Lee 's true grace may be that his desire is not very helpful, but it is highly disproportionate when compared to the contemporaries of a business that could form a comic. He was eager to transcend the media while maintaining a misunderstood belief that the ridiculous book that made him famous through Hollywood success could be legalized. He lived long enough for Marvel's characters to grow into multi-billion dollar assets, even though he played a cameo in a film that put the currents of the film in ink and ink.

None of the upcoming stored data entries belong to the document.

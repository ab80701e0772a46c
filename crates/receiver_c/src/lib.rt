//! The receiver for one task, for programs in C: three kinds of handles, each of a slot in room of the caller's. What a
//! call does is said at the slots ([`receiver_slots`]) and, for C, in `examples/c/yelunnavi.h`. Of all calls the two
//! openings alone take memory, and none waits. A handle of zeros has no room: calls answer NOT_MADE. What C has to
//! keep, and nothing checks: a handle is of zeros or of a room that is as large as `.._room()` says, aligned to 8, made
//! by `.._init` once and used through one handle; one call at a time is made on a handle; what a call is passed doesn't
//! overlap.
#![tactic(auto)]

ghost use Rattle.std.specs.Prelude.{◌≡◌, ◌≢◌, ◌<◌, ◌≤◌, ◌↔◌, ◌⊎◌, IsSome, length, None, Some, false, true};
ghost use Rattle.std.specs.Borrow.{sem};
ghost use Rattle.std.specs.Mem.{type_size};
ghost use Rattle.std.specs.Ptr.{null_ptr, points_to, uninit_at};
ghost use Rattle.message_ring.specs.Queue.{Known};
ghost use Rattle.mailbox_port.specs.Reads.{PortReader};
ghost use Rattle.receiver.specs.Taking.{HandsReader, HandsTaker};
ghost use Rattle.mailbox_port.specs.Port.{is_reader_count};
ghost use Rattle.receiver_c.specs.Abi.{abi};
ghost use Rattle.receiver_c.specs.HeldOctets.{TellsOctets};
ghost use Rattle.slot_handles.specs.Made.{made_reader, made_receiver, made_taker};
ghost use Rattle.slot_handles.specs.Marks.{after_close, if_made, is_made, reader_mark, receiver_mark, taker_mark};
ghost use Rattle.receiver_slots.specs.Codes.{already_open, done, faulty, no_memory, none_left, not_made, not_open, out_of_range, stray_key};
ghost use Rattle.receiver_slots.specs.Checking.{HasStray, IsWithoutStray};
ghost use Rattle.receiver_slots.specs.Health.{TellsFill, TellsHealth, fill_code, health_code};
ghost use Rattle.receiver_slots.specs.PortCounts.{TellsPortCounts, port_counts_code};
ghost use Rattle.receiver_slots.specs.Reading.{Copies, DidHold, DidRead, TellsReader, copy_code, held_octets, read_code, release_code, released};
ghost use Rattle.receiver_slots.specs.Receiving.{CountsFrames, TellsFiltered, HasFault, HasTableFault, IsNewReceiver, Receives, config_of_receiver, count_code, filtered_code, receive_code};
ghost use Rattle.receiver_slots.specs.Slot.{CountsLinks, HandsOut, Opens, OpensTable, TellsLink, TellsPlace, TellsPort, hand_reader_code, hand_taker_code, link_code, links_code, place_code, port_code};
ghost use Rattle.receiver_slots.specs.Taking.{DidTake, TellsTaker, TellsWaiting, take_code, taker_code};
ghost use Rattle.receiver_slots.specs.declared.reader_slot.ReaderState.TheVariants.{Closed, Reads};
ghost use Rattle.slot_handles.specs.contracts.marked.MarkedReceiver.{the_row as receiver_row};
ghost use Rattle.slot_handles.specs.contracts.marked.MarkedReader.{the_row as reader_row};
ghost use Rattle.slot_handles.specs.contracts.marked.MarkedTaker.{the_row as taker_row};

use receiver_slots::codes::{DONE, HOLDS_NONE, NOT_MADE};
use receiver_slots::{
    FaultReply, FillReply, FrameReply, HealthReply, LimitReply, LinkReply, LinkRow, PlaceReply,
    PortCountsReply, PortReply, PortRow, ReadReply, TakeReply, check_text,
};
use std::alloc::Global;

pub mod held_octets;

use held_octets::{HeldOctets, octets_at};
use slot_handles::marked::{MarkedReader, MarkedReceiver, MarkedTaker, READER, RECEIVER, TAKER};
use slot_handles::reader_handle::ReaderHandle;
use slot_handles::receiver_handle::ReceiverHandle;
use slot_handles::taker_handle::TakerHandle;

/// The number of the interface: raised with each change of a struct, a call or a number.
pub const ABI: u32 = 9;

/// The number of the interface of this library. A program compares it with that of the header that it was compiled
/// with.
#[unsafe(no_mangle)]
pub extern "C" fn yelunnavi_abi() -> u32
    ensures { result ≡ abi }
{
    ABI
}

/// Reads the configuration in these octets, a TOML document, and opens nothing. FAULTY, and its first fault, as
/// `yelunnavi_receiver_open` tells it. STRAY_KEY, and the first table with a key that isn't its own, if that is all that is
/// wrong. All memory that is taken is given back.
#[unsafe(no_mangle)]
pub extern "C" fn yelunnavi_check_text(alloc: Global, text: &[u8], fault: &mut FaultReply) -> u32
    ensures done { result ≡ done → IsWithoutStray text.now }
    ensures fault { result ≡ faulty → HasFault text.now fault.new }
    ensures stray { result ≡ stray_key → HasStray text.now fault.new }
    ensures same { (result ≡ done) ⊎ (result ≡ no_memory) → fault.new ≡ fault.old }
    ensures codes { (result ≡ done) ⊎ ((result ≡ faulty) ⊎ ((result ≡ no_memory) ⊎ (result ≡ stray_key))) }
{
    check_text(alloc, text, fault)
}

// ---- the slot of a receiver

/// Size of the slot of a receiver, in octets. The room is aligned to 8.
#[unsafe(no_mangle)]
pub extern "C" fn yelunnavi_receiver_room() -> usize
    ensures { result ≡ type_size receiver_row }
{
    std::mem::size_of::<MarkedReceiver>()
}

/// Makes a slot in the caller's room in which nothing is open.
#[unsafe(no_mangle)]
pub unsafe extern "C" fn yelunnavi_receiver_make(at: *mut u8)
    requires* { sem 𝓛 (uninit_at receiver_row at) }
    ensures* { sem 𝓛 (points_to receiver_row at made_receiver) }
{
    std::ptr::write(at as *mut MarkedReceiver, MarkedReceiver::new())
}

/// Opens the receiver of the configuration in these octets, a TOML document. Each sampling port has `readers` readers,
/// 1 to 8, else OUT_OF_RANGE. All memory is taken here. FAULTY, and its first fault with its key, link and port, if it
/// has one.
#[unsafe(no_mangle)]
pub extern "C" fn yelunnavi_receiver_open(
    alloc: Global,
    h: &mut ReceiverHandle,
    text: &[u8],
    readers: usize,
    fault: &mut FaultReply,
) -> u32
    ensures place { (h.new.at ≡ h.old.at) × (h.new.room.mark ≡ h.old.room.mark) }
    ensures zeros { h.old.at ≡ null_ptr → (result ≡ not_made) × (h.new ≡ h.old) × (fault.new ≡ fault.old) }
    ensures opened { result ≡ done → Opens IsNewReceiver readers text.now h.new.room.slot }
    ensures fault { result ≡ faulty → HasFault text.now fault.new }
    ensures made { (result ≡ not_made) ↔ (is_made receiver_mark h.old.room.mark ≡ false) }
    ensures already { is_made receiver_mark h.old.room.mark ≡ true → (result ≡ already_open) ↔ IsSome h.old.room.slot }
    ensures range { is_made receiver_mark h.old.room.mark ≡ true → h.old.room.slot ≡ None → (result ≡ out_of_range) ↔ (is_reader_count readers ≡ false) }
    ensures same { 0 < result → h.new.room.slot ≡ h.old.room.slot }
    ensures others { result ≢ faulty → fault.new ≡ fault.old }
    ensures codes { (result ≤ no_memory) ⊎ ((result ≡ out_of_range) ⊎ (result ≡ not_made)) }
    ensures tried { result ≢ not_open }
{
    let Some(made) = h.lend() else {
        return NOT_MADE;
    };
    if made.mark != RECEIVER {
        return NOT_MADE;
    }
    made.slot.open_text(alloc, text, readers, fault)
}
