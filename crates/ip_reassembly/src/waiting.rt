//! Waiting pieces, in no more memory than they take.
ghost use Rattle.std.specs.Prelude.{◌≡◌, IfOk};
ghost use Rattle.ip_reassembly.specs.Waiting.{IsAt};

use crate::buffer::Buffer;
use crate::partial::Partial;
use crate::reassembly::{MOST_PARTIALS, Reassembly};
use crate::stretch::Stretch;
use arrayvec::ArrayVec;
use es_base::{DatagramKey, Memory};
use std::alloc::Global;
use std::marker::Model;

/// A partial datagram that waits: no piece joins it, so it keeps only the octets that came. To a contract it is that
/// partial datagram.
#[derive(Drop)]
struct WaitingDatagram {
    /// Key of its pieces.
    key: DatagramKey,
    /// Arrival time of its first piece, in microseconds.
    begin: u64,
    stretch: Stretch,
}

impl Model for WaitingDatagram {
    ghost use Rattle.ip_reassembly.specs.declared.partial.Partial.{Partial};

    ghost Value = { Partial };

    ghost view = { λ d. record { key = d.key; begin = d.begin; buffer = d.stretch } };
}

impl WaitingDatagram {
    /// One of no datagram. It takes no memory.
    fn new(alloc: Global) -> WaitingDatagram {
        let key = DatagramKey {
            source: 0,
            destination: 0,
            ident: 0,
        };
        WaitingDatagram {
            key,
            begin: 0,
            stretch: Stretch::new(alloc),
        }
    }
}

/// The partial datagrams of a `Reassembly`, kept without spare buffers: a reassembly can begin with them, and no packet
/// is offered to them.
#[derive(Drop)]
pub struct WaitingDatagrams {
    /// Time limit, in microseconds.
    limit: u64,
    /// Number of partial datagrams given up before. It saturates at 2^64 - 1.
    given_up: u64,
    /// Number of partial datagrams that stood.
    standing: usize,
    /// Those that stood come first, in the order in which they began; the others are empty.
    partials: ArrayVec<WaitingDatagram, MOST_PARTIALS>,
}

impl Model for WaitingDatagrams {
    ghost use Rattle.std.specs.Prelude.{◌≡◌, ◌≤◌, take};
    ghost use Rattle.arrayvec.specs.ArrayVec.{array_vec_len};
    ghost use Rattle.es_base.specs.Limits.{most_partials};
    ghost use Rattle.ip_reassembly.specs.Kept.{Kept};

    ghost Value = { Kept };

    ghost view = { λ w. record { limit = w.limit; given_up = w.given_up; partials = take w.standing w.partials.items } };

    ghost invariant = { λ w. (array_vec_len w.partials ≡ most_partials) × (w.standing ≤ most_partials) };
}

impl Reassembly {
    /// A copy of the waiting pieces. It takes memory for the octets of each partial datagram that stands, from its
    /// first piece up to its last, and for their marks. The only error is that memory ran out.
    pub fn waiting(&self, alloc: Global) -> Result<WaitingDatagrams, Memory>
        ensures { IfOk result (λ waiting. waiting ≡ self.now) }
    {
        let partials = self.standing();
        let first = copy_or_empty(alloc, partials, 0)?;
        let second = copy_or_empty(alloc, partials, 1)?;
        let third = copy_or_empty(alloc, partials, 2)?;
        let fourth = copy_or_empty(alloc, partials, 3)?;
        Ok(WaitingDatagrams {
            limit: self.limit(),
            given_up: self.given_up(),
            standing: partials.len(),
            partials: ArrayVec::from([first, second, third, fourth]),
        })
    }
}

impl WaitingDatagrams {
    /// A reassembly that goes on from these pieces. It takes the memory of a new one. The only error is that memory ran
    /// out.
    pub fn begin(&self, alloc: Global) -> Result<Reassembly, Memory>
        ensures { IfOk result (λ reassembly. reassembly ≡ self.now) }
    {
        let waiting = &self.partials[..self.standing];
        let first = partial_or_spare(alloc, waiting, 0)?;
        let second = partial_or_spare(alloc, waiting, 1)?;
        let third = partial_or_spare(alloc, waiting, 2)?;
        let fourth = partial_or_spare(alloc, waiting, 3)?;
        let four = ArrayVec::from([first, second, third, fourth]);
        Ok(Reassembly::of(self.limit, self.given_up, self.standing, four))
    }
}

/// A copy of the one at a place, or an empty one if there is none.
fn copy_or_empty(
    alloc: Global,
    partials: &[Partial],
    place: usize,
) -> Result<WaitingDatagram, Memory>
    ensures { IfOk result (λ copy. IsAt partials.now place copy) }
{
    match partials.get(place) {
        Some(partial) => copy_of(alloc, partial),
        None => Ok(WaitingDatagram::new(alloc)),
    }
}

fn copy_of(alloc: Global, partial: &Partial) -> Result<WaitingDatagram, Memory>
    ensures { IfOk result (λ copy. copy ≡ partial.now) }
{
    let stretch = partial.buffer.stretch(alloc)?;
    Ok(WaitingDatagram {
        key: partial.key,
        begin: partial.begin,
        stretch,
    })
}

/// The one at a place with a buffer of its own, or a spare one if there is none.
fn partial_or_spare(
    alloc: Global,
    waiting: &[WaitingDatagram],
    place: usize,
) -> Result<Partial, Memory>
    ensures { IfOk result (λ partial. IsAt waiting.now place partial) }
{
    match waiting.get(place) {
        Some(datagram) => partial_of(alloc, datagram),
        None => Partial::spare(alloc),
    }
}

fn partial_of(alloc: Global, datagram: &WaitingDatagram) -> Result<Partial, Memory>
    ensures { IfOk result (λ partial. partial ≡ datagram.now) }
{
    let buffer = Buffer::of(alloc, &datagram.stretch)?;
    Ok(Partial {
        key: datagram.key,
        begin: datagram.begin,
        buffer,
    })
}
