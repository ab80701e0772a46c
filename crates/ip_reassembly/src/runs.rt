//! Runs of a datagram's received octets, by which few marks have to be looked at.
ghost use Rattle.std.specs.Prelude.{◌≡◌, ℕ, ◌<◌, ◌≤◌, Bool, false, List, length, max, replicate, slice_index_or};
ghost use Rattle.es_base.specs.Limits.{longest_joined};
ghost use Rattle.ip_reassembly.specs.Covering.{AreSet};
ghost use Rattle.ip_reassembly.specs.Runs.{AreRuns, IsRunOfMarks, with_marks};

use crate::buffer::LONGEST_JOINED;

/// Marks that are looked at together.
const BLOCK: usize = 64;

/// Places of the octets that came: the gap that has to be filled next, and a run at the end. The gap only moves on, so
/// each mark is looked at once for each look whether a piece completes the datagram, however often pieces come again.
#[derive(Clone, Copy)]
pub(crate) struct Runs {
    /// Offset of the first octet that came: 8200 if none did.
    pub(crate) least: usize,
    /// Offset of the datagram's first missing octet.
    pub(crate) gap: usize,
    /// An offset from which on all octets up to the reach came.
    pub(crate) last: usize,
    /// Offset after the last octet that came: 0 if none did.
    pub(crate) reach: usize,
}

impl Runs {
    /// The runs of no octet.
    pub(crate) fn none() -> Runs
        ensures { (places : ℕ) → AreRuns (replicate places false) result }
    {
        Runs {
            least: LONGEST_JOINED,
            gap: 0,
            last: 0,
            reach: 0,
        }
    }

    /// The runs after one more piece, from `offset` up to `end`. The marks are those before it.
    pub(crate) fn with(self, marks: &[bool], offset: usize, end: usize) -> Runs
        requires order { offset ≤ end }
        requires within { end ≤ length marks.now }
        requires bound { length marks.now ≡ longest_joined }
        requires runs { AreRuns marks.now self }
        ensures { AreRuns (with_marks marks.now offset end) result }
    {
        if offset == end {
            return self;
        }
        Runs {
            least: self.least.min(offset),
            gap: self.gap_with(marks, offset, end),
            last: self.last_with(offset, end),
            reach: self.reach.max(end),
        }
    }

    /// The gap after a piece. Marks are looked at only if the piece meets the gap and ends before the run at the end.
    fn gap_with(self, marks: &[bool], offset: usize, end: usize) -> usize
        requires order { offset < end }
        requires within { end ≤ length marks.now }
        requires bound { length marks.now ≡ longest_joined }
        requires runs { AreRuns marks.now self }
        ensures run { IsRunOfMarks (with_marks marks.now offset end) 0 result }
        ensures gap { slice_index_or (with_marks marks.now offset end) result false ≡ false }
        ensures bound { result ≤ longest_joined }
    {
        if offset > self.gap || end <= self.gap {
            return self.gap;
        }
        if end >= self.last {
            return end.max(self.reach);
        }
        run_end(marks, end, self.reach)
    }

    /// Beginning of the run at the end, after a piece.
    fn last_with(self, offset: usize, end: usize) -> usize
        requires { offset < end }
        ensures run { (marks : List Bool) → end ≤ length marks → AreRuns marks self →
            IsRunOfMarks (with_marks marks offset end) result (max self.reach end) }
        ensures order { self.last ≤ self.reach → result ≤ max self.reach end }
    {
        if offset > self.reach {
            offset
        } else if end < self.last {
            self.last
        } else {
            self.last.min(offset)
        }
    }
}

/// The first place from `from` on whose mark isn't set: `to`, if all before it are set.
fn run_end(marks: &[bool], from: usize, to: usize) -> usize
    requires order { from ≤ to }
    requires within { to ≤ length marks.now }
    ensures run { IsRunOfMarks marks.now from result }
    ensures gap { result < to → slice_index_or marks.now result false ≡ false }
    ensures order { from ≤ result }
    ensures bound { result ≤ to }
{
    let mut place = from;
    for _ in 0..(to - from) / BLOCK {
        if !are_set(&marks[place..place + BLOCK]) {
            break;
        }
        place += BLOCK;
    }
    place + set_first(&marks[place..to])
}

/// Number of set marks before the first that isn't.
fn set_first(marks: &[bool]) -> usize
    ensures run { IsRunOfMarks marks.now 0 result }
    ensures gap { slice_index_or marks.now result false ≡ false }
    ensures bound { result ≤ length marks.now }
{
    marks.iter().position(|mark| !*mark).unwrap_or(marks.len())
}

/// Whether all of these marks are set. The loop has no early end, so that the compiler makes vector code of it.
fn are_set(marks: &[bool]) -> bool
    ensures { AreSet marks.now result }
{
    let mut all = true;
    for mark in marks {
        all &= *mark;
    }
    all
}
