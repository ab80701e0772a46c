//! Answers of reassembly to a packet.

use frame_reader::UDP_HEADER;

/// The answer that a packet would get, without the datagram's octets.
#[derive(Clone, Copy, Debug, PartialEq, Eq)]
pub enum Preview {
    /// A fragment that is no piece of a datagram. It changes nothing.
    Bad,
    /// A piece of a datagram that isn't complete.
    Held,
    /// The packet is a whole datagram, or completes one.
    Whole {
        /// Length of the datagram, in octets.
        len: usize,
        /// Its first octets, as many as a UDP header has, zeros past its end.
        head: [u8; UDP_HEADER],
        /// Whether it was joined of pieces.
        joined: bool,
    },
}

/// The answer that a packet gets.
#[derive(Clone, Copy)]
pub enum Offered<'a> {
    /// A fragment that is no piece of a datagram. Nothing has changed.
    Bad,
    /// A piece of a datagram that isn't complete. It is kept.
    Held,
    /// The packet is a whole datagram, or completes one.
    Whole {
        /// The datagram's octets: the packet's own if nothing was joined.
        octets: &'a [u8],
        /// Whether it was joined of pieces.
        joined: bool,
    },
}
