//! What a queue holds, and in which order.
use crate::queue::messages::{
    check_same, message, open, put, put_each, put_message, take, take_each, take_message,
    take_nothing,
};
use es_base::LONGEST_QUEUED;
use std::alloc::Global;
use std::process::Abort;
use std::sync::Wait;

/// Depths on both sides of powers of two, and the deepest.
fn depths() -> [u8; 6] {
    [1, 2, 3, 4, 5, 64]
}

/// A new queue takes `depth` messages and refuses the next two. Emptied it takes as many again.
fn check_depth(rt: &(impl Abort + Wait), alloc: Global, depth: u8) {
    let (mut putter, mut taker) = open(rt, alloc, depth);
    let most = u64::from(depth);
    for round in 0..3u64 {
        for place in 1..=most + 2 {
            put(rt, alloc, &mut putter, 100 * round + place, place <= most);
        }
        for place in 1..=most {
            take(rt, alloc, &mut taker, 100 * round + place);
        }
        take_nothing(rt, &mut taker);
    }
}

// rule: PORT-10, PORT-11
#[test]
fn a_queue_holds_as_many_messages_as_its_depth(rt: HostRuntime) {
    for depth in depths() {
        check_depth(&rt, rt.alloc(), depth);
    }
}

/// A message of this many octets comes out with its time and its octets.
fn check_length(rt: &(impl Abort + Wait), alloc: Global, len: u16) {
    let (mut putter, mut taker) = open(rt, alloc, 1);
    let back = put_message(rt, &mut putter, message(rt, alloc, 7, 0xa5, len as usize));
    assert!(rt; back.is_none());
    let same = message(rt, alloc, 7, 0xa5, len as usize);
    check_same(rt, &take_message(rt, &mut taker), &same);
}

// rule: PORT-11
#[test]
fn messages_of_no_octets_and_of_the_most_pass(rt: HostRuntime) {
    check_length(&rt, rt.alloc(), 0);
    check_length(&rt, rt.alloc(), LONGEST_QUEUED);
}

fn check_refusal(rt: &(impl Abort + Wait), alloc: Global) {
    let (mut putter, mut taker) = open(rt, alloc, 1);
    put_each(rt, alloc, &mut putter, &[(1000, true), (1100, false)]);
    take(rt, alloc, &mut taker, 1000);
    take_nothing(rt, &mut taker);
    put(rt, alloc, &mut putter, 1200, true);
    take(rt, alloc, &mut taker, 1200);
    take_nothing(rt, &mut taker);
}

// rule: PORT-10
#[test]
fn a_message_is_refused_and_room_made_for_the_next(rt: HostRuntime) {
    check_refusal(&rt, rt.alloc());
}

/// How many messages a full queue refuses one after another.
const MANY: u64 = 1000;

/// Whatever was refused before, a message that is taken makes room, though the ends don't meet.
fn check_refusals(rt: &(impl Abort + Wait), alloc: Global) {
    let (mut putter, mut taker) = open(rt, alloc, 1);
    put(rt, alloc, &mut putter, 1, true);
    for refused in 0..MANY {
        put(rt, alloc, &mut putter, 2 + refused, false);
    }
    take(rt, alloc, &mut taker, 1);
    put(rt, alloc, &mut putter, 2, true);
    take(rt, alloc, &mut taker, 2);
}

// rule: PORT-10, PORT-17
#[test]
fn a_queue_that_refused_many_messages_takes_one_again(rt: HostRuntime) {
    check_refusals(&rt, rt.alloc());
}

fn check_order(rt: &(impl Abort + Wait), alloc: Global) {
    let (mut putter, mut taker) = open(rt, alloc, 3);
    let rows = [(10, true), (20, true), (30, true), (40, false)];
    put_each(rt, alloc, &mut putter, &rows);
    take(rt, alloc, &mut taker, 10);
    put(rt, alloc, &mut putter, 50, true);
    take_each(rt, alloc, &mut taker, &[20, 30, 50]);
    take_nothing(rt, &mut taker);
}

// rule: PORT-11
#[test]
fn a_late_reader_gets_the_oldest_first(rt: HostRuntime) {
    check_order(&rt, rt.alloc());
}
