//! Marks, one for each octet of a datagram: whether it came. There is one for each octet and not for each block of 8,
//! since a last piece may end within a block (own).
ghost use Rattle.std.specs.Prelude.{◌≡◌, ◌-◌, ◌≤◌, ◌++◌, false, true, length, take, drop, replicate, IfOk};
ghost use Rattle.ip_reassembly.specs.Runs.{ReceivedWithin};

use es_base::Memory;
use std::alloc::Global;

/// Unset marks, one for each place.
pub(crate) fn unset(alloc: Global, places: usize) -> Result<Vec<bool>, Memory>
    ensures { IfOk result (λ marks. marks.items ≡ replicate places false) }
{
    Vec::from_elem(alloc, false, places)
}

/// Sets all of these marks, or none.
pub(crate) fn set_all(marks: &mut [bool], to: bool)
    ensures { marks.new ≡ replicate (length marks.old) to }
{
    marks.fill(to);
}

/// Unsets all marks, of which those that are set lie from `least` up to `reach`.
pub(crate) fn unset_all(marks: &mut Vec<bool>, least: usize, reach: usize)
    requires within { reach ≤ length marks.old.items }
    requires stretch { ReceivedWithin marks.old.items least reach }
    ensures { marks.new.items ≡ replicate (length marks.old.items) false }
{
    if least < reach {
        set_all(&mut marks[least..reach], false);
    }
}

/// Sets the marks from `offset` up to `end`.
pub(crate) fn mark(marks: &mut Vec<bool>, offset: usize, end: usize)
    requires order { offset ≤ end }
    requires within { end ≤ length marks.old.items }
    ensures { marks.new.items
        ≡ take offset marks.old.items ++ (replicate (end - offset) true ++ drop end marks.old.items) }
{
    set_all(&mut marks[offset..end], true);
}
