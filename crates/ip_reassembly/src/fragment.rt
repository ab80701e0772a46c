//! Whole datagrams and bad fragments, by their packet alone.
ghost use Rattle.std.specs.Prelude.{◌≡◌};
ghost use Rattle.link_rules.specs.Fragments.{is_whole, is_bad, has_bad_length, key_of};
ghost use Rattle.frame_reader.specs.Parts.{packet_parts};
ghost use Rattle.es_base.specs.Udp.{head_of};

use crate::buffer::LONGEST_JOINED;
use es_base::DatagramKey;
use frame_reader::{Packet, UDP_HEADER};

/// Whether a packet is a whole datagram (RFC 791 3.1).
pub(crate) fn is_whole(packet: &Packet<'_>) -> bool
    ensures { result ≡ is_whole (packet_parts packet.now) }
{
    packet.offset == 0 && !packet.more
}

/// Whether a fragment is no piece of a datagram: its length is bad, or it ends past octet 8200, the end
/// of the longest joined datagram (own).
pub(crate) fn is_bad(packet: &Packet<'_>) -> bool
    ensures { result ≡ is_bad (packet_parts packet.now) }
{
    let end = packet.offset as usize + packet.octets.len();
    has_bad_length(packet) || end > LONGEST_JOINED
}

/// Whether a fragment with more to follow is empty (own), or its length is no multiple of 8 octets, the
/// unit of offsets (RFC 791 3.1).
fn has_bad_length(packet: &Packet<'_>) -> bool
    ensures { result ≡ has_bad_length (packet_parts packet.now) }
{
    let len = packet.octets.len();
    packet.more && (len == 0 || len % 8 != 0)
}

/// Key of a fragment's datagram (RFC 791 3.2).
pub(crate) fn key_of(packet: &Packet<'_>) -> DatagramKey
    ensures { result ≡ key_of (packet_parts packet.now) }
{
    DatagramKey {
        source: packet.source,
        destination: packet.destination,
        ident: packet.ident,
    }
}

/// The first octets, as many as a UDP header has, with zeros if there are fewer.
pub(crate) fn head_of(octets: &[u8]) -> [u8; UDP_HEADER]
    ensures { result ≡ head_of octets.now }
{
    if let Some(first) = octets.first_chunk::<UDP_HEADER>() {
        return *first;
    }
    let mut head = [0; UDP_HEADER];
    let len = octets.len().min(UDP_HEADER);
    head[..len].copy_from_slice(&octets[..len]);
    head
}
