//! Reassembly of IPv4 datagrams (RFC 791 3.2): the fragments of up to four datagrams at one time are joined, in buffers
//! that are taken at the start. Nothing here knows of frames or of virtual links. Waiting pieces can be kept apart, in
//! no more memory than they take (`WaitingDatagrams`).
//!
//! A joined datagram is, octet by octet, that of all pieces, in whatever order they came: it ends where the latest
//! piece with no more to follow ends, and each octet is that of the latest piece with one at its place
//! ([`laws::joins_the_datagram`]).
//!
//! A receiver of plain IPv4 joins a datagram of 24 octets, whose end comes first:
//!
//! ```rust
//! match offered {
//!     Offered::Whole { octets, joined } => {
//!         assert!(rt; joined);
//!         assert!(rt; octets == b"This is not yet the end.".as_slice());
//!     }
//! ..
//! let mut reassembly = Reassembly::new(rt.alloc(), 500_000).expect(&rt, "memory");
//! let held = matches!(reassembly.offer(&end(), 1_000), Offered::Held);
//! assert!(rt; held);
//! check_joined(&rt, reassembly.offer(&beginning(), 1_200));
//! ```
#![tactic(auto)]

mod answer;
mod buffer;
mod fragment;
pub mod laws;
mod marks;
mod partial;
mod reassembly;
mod runs;
mod stretch;
mod waiting;

pub use answer::{Offered, Preview};
pub use buffer::LONGEST_JOINED;
pub use es_base::Memory;
pub use frame_reader::Packet;
pub use reassembly::{MOST_PARTIALS, Reassembly};
pub use waiting::WaitingDatagrams;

However, Lee himself was not a journalist. His true talent would have been as simple as his ability to broaden the appeal of superhero comics. I want to read Marvel Comics as an 8 year old and become a Spiderman. You can read them at the age of 16 and want to do amazing things to draw characters. You can read them as adults and simply admire panache and the technology they said. It was impossible for us to show that this possibility is open to us. He knew how to wink without laying down the reader, and now we set the example in a way that interacts with all popular cultures.
In that sense, Lee was always down the wall. He offered us a new way of looking at manga, pop culture, maybe the world. It was not what he wanted when he was a child, but it is something we all share today.
Spurgeon is co-author of "The Collapse of Stan Lee and the American Comic Book" (with Jordan Raphael) and produces The Comics Reporter website.